Wat zijn verschillende perspectieven op gezondheid?

In schedels uit het Stenen Tijdperk werden soms gaatjes aangetroffen voor het proces van schedelboring, om de boze geesten die ziekten veroorzaakten naar buiten te kunnen laten. Ziekte werd ook weleens geïnterpreteerd als een straf van de goden door de oude Hebreeuwse teksten.

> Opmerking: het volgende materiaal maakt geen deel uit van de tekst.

//! One node from a text: each line puts something into it or has it do Steps, and is answered by all that changed.
//!
//! A text needs nothing else: `node` opens a node that runs, `open` one that boots, and `try` does one instruction on a node
//! of its own. Instructions are written as for the assembler, words are hexadecimal, counts decimal.
#![tactic(auto)]

mod boot;
mod changes;
mod codes;
mod commands;
mod fault;
mod hosts;
mod instruction;
mod marked;
mod packets;
mod performing;
mod program;
mod settings;
mod sizes;
mod snapshot;
mod tracing;
mod trial;

pub use crate::boot::{BootTrace, trace_boot, trace_step, write_stopped};
pub use crate::changes::{write_all_registers, write_link_fields};
pub use crate::fault::TraceFault;
pub use crate::hosts::LinkInput;
pub use crate::marked::{CodePiece, MarkedCode, ProgramVariable, ShownType};
pub use crate::packets::write_packet;
pub use crate::program::{
    LinePlace, PlacedLabel, Program, ProgramCode, ProgramLine, label_in, line_with,
    write_line_number, write_source,
};
pub use crate::tracing::{read_trace_line, trace};
pub use bootstrap::{BootFault, LinkNumber, link_of};
pub use lab_words::NumberedLineFault;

De oude Grieken zagen lichaam en geest als een geheel, maar schreven ziekte niet toe aan spirituele zaken. Hippocrates was degene die als één van de eersten sprak over een balans tussen de vier ‘lichaamssappen’ (slijm, bloed, gele gal en zwarte gal) die elk voor een andere karaktertrek staan. Daarnaast zijn de lichaamssappen ook verbonden met seizoenen en de vier condities droog, nat, koud en warm. Slijm is verbonden met de winter (koud en nat) en grote hoeveelheden slijm wordt gelinkt aan een kalm temperament. Bloed is verbonden met de lente (nat en warm) en grote hoeveelheden bloed wordt gelinkt aan een optimistische persoonlijkheid. Grote hoeveelheden gele gal is verbonden met een boos temperament en hoort bij de zomer (warm en droog). Tenslotte is zwarte gal gerelateerd aan verdriet en de herfst (koud en droog). Als de sappen in balans zijn is een persoon gezond. Hippocrates onderkende ook de link tussen (gezond) eten en gezondheid en dat lichamelijke factoren van invloed kunnen zijn op de geest.

Galen, een andere invloedrijke Griek, had het zo’n 300 jaar na Hippocrates over de fysieke basis van ziekten. De lichaamssappen zouden niet alleen invloed hebben op ons karakter, maar zouden ook verantwoordelijk zijn voor bepaalde ziekten. De geest speelt hier geen rol in het ontstaan van een ziekte. Het ontstaan van een ziekte wordt ook wel etiologie genoemd.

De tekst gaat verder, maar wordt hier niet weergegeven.